### [Exercise description]
When you reach the line with "a step commutes" in the listing below, transcribe it and each line after it up to and including the line with "pub use making::KeyMaker;", exactly and with nothing else.

+--

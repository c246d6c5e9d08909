//! The key of a state: the numbers by which states that are alike are found, in bytes.
//!
//! A [`KeyMaker`] makes the [`Key`] of a state. Two states of a cluster are alike exactly if their keys are equal ([`keys_tell_apart`]):
//! the clock, the starts of nodes and the start kinds have no part in it, and timers are counted from now. No answer depends on these:
//! a step commutes with a shift of the clock, and with other starts ([`next_commutes_with_shifts`]).
#![tactic(auto)]

mod key;
mod laws;
mod making;
mod parts;
mod shift_laws;

pub use key::Key;
pub use laws::keys_tell_apart;
pub use making::KeyMaker;
pub use shift_laws::{alike_accept_alike, next_commutes_with_shifts};
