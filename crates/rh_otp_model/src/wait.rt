//! What a node's own file says of its wait for others.

use crate::own::Own;

/// `sync_nodes_timeout`, as it is written (kernel(6)).
#[derive(Clone, Copy, Debug, PartialEq, Eq)]
pub enum Wait {
    /// It isn't there: the node waits for nobody.
    Unset,
    /// 0, or a written `undefined`: a live node refuses it, `{badopt, {sync_nodes_timeout, ..}}`, and ends.
    Refused,
    /// So many milliseconds.
    After(u64),
    /// `infinity`
    Forever,
}

/// What a node's own file says that the cluster doesn't keep, or not as it is written.
#[derive(Drop)]
pub struct OwnFile {
    /// Its `distributed`.
    pub own: Own,
    /// Its `sync_nodes_timeout`.
    pub wait: Wait,
}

+--

### [Answer section]
//! a step commutes with a shift of the clock, and with other starts ([`next_commutes_with_shifts`]).
#![tactic(auto)]

mod key;
mod laws;
mod making;
mod parts;
mod shift_laws;

pub use key::Key;
pub use laws::keys_tell_apart;
pub use making::KeyMaker;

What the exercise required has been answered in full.